As variações de densidade geram mudanças no índice de refração uma vez que, as bolhas
provocam o espalhamento da luz que atravessa o meio. Como o número de bolhas cresce com a
temperatura, à medida que a água é aquecida observa-se um aumento da intensidade da luz
espalhada de maneira que, próximo à temperatura crítica, o meio torna-se literalmente opaco. Este
fenômeno é conhecido por opalescência crítica. A descrição matemática do fenômeno de
espalhamento induzido pelas flutuações de densidade foge ao escopo deste trabalho, pois se trata de
um problema complexo e nosso objetivo é discutir apenas o processo de instrumentação.
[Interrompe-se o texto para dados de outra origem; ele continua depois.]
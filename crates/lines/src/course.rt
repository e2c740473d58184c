// A line's course: from its end with the smaller coordinate on the long axis, along that axis and aside.
ghost use Rattle.std.specs.Prelude.{◌≡◌, ◌≤◌};
ghost use Rattle.raster.specs.Biased.{NearB};
ghost use Rattle.lines.specs.Courses.{along_b, across_b, course_of, half, number_b, spot_at, Fair};

use raster::biased::{Spot, aside_of};

// flat says that x is the long axis, and ahead that the start is the first point given. along and across are the start's
// coordinates on the long axis and on the other, up says that the end's on the other is not smaller, and n and m are the
// larger and the smaller difference.
#[derive(Clone, Copy)]
pub struct Course {
    pub flat: bool,
    pub ahead: bool,
    pub along: u32,
    pub across: u32,
    pub up: bool,
    pub n: u32,
    pub m: u32,
}

impl Course {
    // What is left at the start, in parts of 2n: the half that rounds, and one less where the other axis falls.
    pub fn half(self) -> u32
        ensures { result ≡ half self.up self.n }
    {
        if self.up {
            self.n
        } else {
            self.n.saturating_sub(1)
        }
    }

    // Dot k's number, counted from the first point given.
    pub fn number(self, k: u32) -> u32
        requires { k ≤ self.n }
        ensures { result ≡ number_b self k }
    {
        if self.ahead { k } else { self.n - k }
    }
}

pub fn along_of(flat: bool, p: Spot) -> u32
    ensures { result ≡ along_b flat p }
{
    if flat { p.x } else { p.y }
}

pub fn across_of(flat: bool, p: Spot) -> u32
    ensures { result ≡ across_b flat p }
{
    if flat { p.y } else { p.x }
}

// The course of the line between p and q: x is the long axis when the differences are equal, and the start is the end with
// the smaller coordinate on it.
pub fn course_of(p: Spot, q: Spot) -> Course
    ensures { result ≡ course_of p q }
{
    let dx = p.x.abs_diff(q.x);
    let dy = p.y.abs_diff(q.y);
    let flat = dy <= dx;
    let ahead = along_of(flat, p) <= along_of(flat, q);
    let (start, end) = if ahead { (p, q) } else { (q, p) };
    let across = across_of(flat, start);
    Course {
        flat,
        ahead,
        along: along_of(flat, start),
        across,
        up: across <= across_of(flat, end),
        n: dx.max(dy),
        m: dx.min(dy),
    }
}

// A course none of whose dots leaves the biased numbers. `course_of` takes any points, so that a course alone may not be one.
#[derive(Clone, Copy)]
pub struct FairCourse {
    pub course: Course,
    pub ghost fair: { Fair course },
}

impl FairCourse {
    // That of the line between two points that are coordinates.
    pub fn between(p: Spot, q: Spot) -> FairCourse
        requires { NearB p × NearB q }
        ensures { result.course ≡ course_of p q }
    {
        FairCourse {
            course: course_of(p, q),
        }
    }

    // The dot k along the long axis and q aside.
    pub fn spot(self, k: u32, q: u32) -> Spot
        requires { (k ≤ self.course.n) × (q ≤ self.course.m) }
        ensures { result ≡ spot_at self.course k q }
    {
        let l = self.course;
        let a = l.along + k;
        let b = aside_of(l.up, l.across, q);
        if l.flat {
            Spot { x: a, y: b }
        } else {
            Spot { x: b, y: a }
        }
    }
}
INSTRUMENTAÇÃO E RESULTADOS
A técnica aplicada neste experimento consiste em medir as variações de intensidade de um
feixe de laser, transmitido por um recipiente de vidro contendo cerca de 1 litro de água que é
aquecida, da temperatura ambiente até atingir a fervura. O espalhamento do feixe, gerado durante
este processo, é detectado por um fotômetro e o sinal medido é enviado a um microcomputador
através da porta paralela. A Fig. 1 a seguir, apresenta um diagrama geral do experimento.
Fonte
térmica
Laser
Água
Fotômetro placa de som/
porta paralela
Filtro
Lente
Convergente
Fonte de
tensão DC
Fig.1- Diagrama ilustrando o experimento.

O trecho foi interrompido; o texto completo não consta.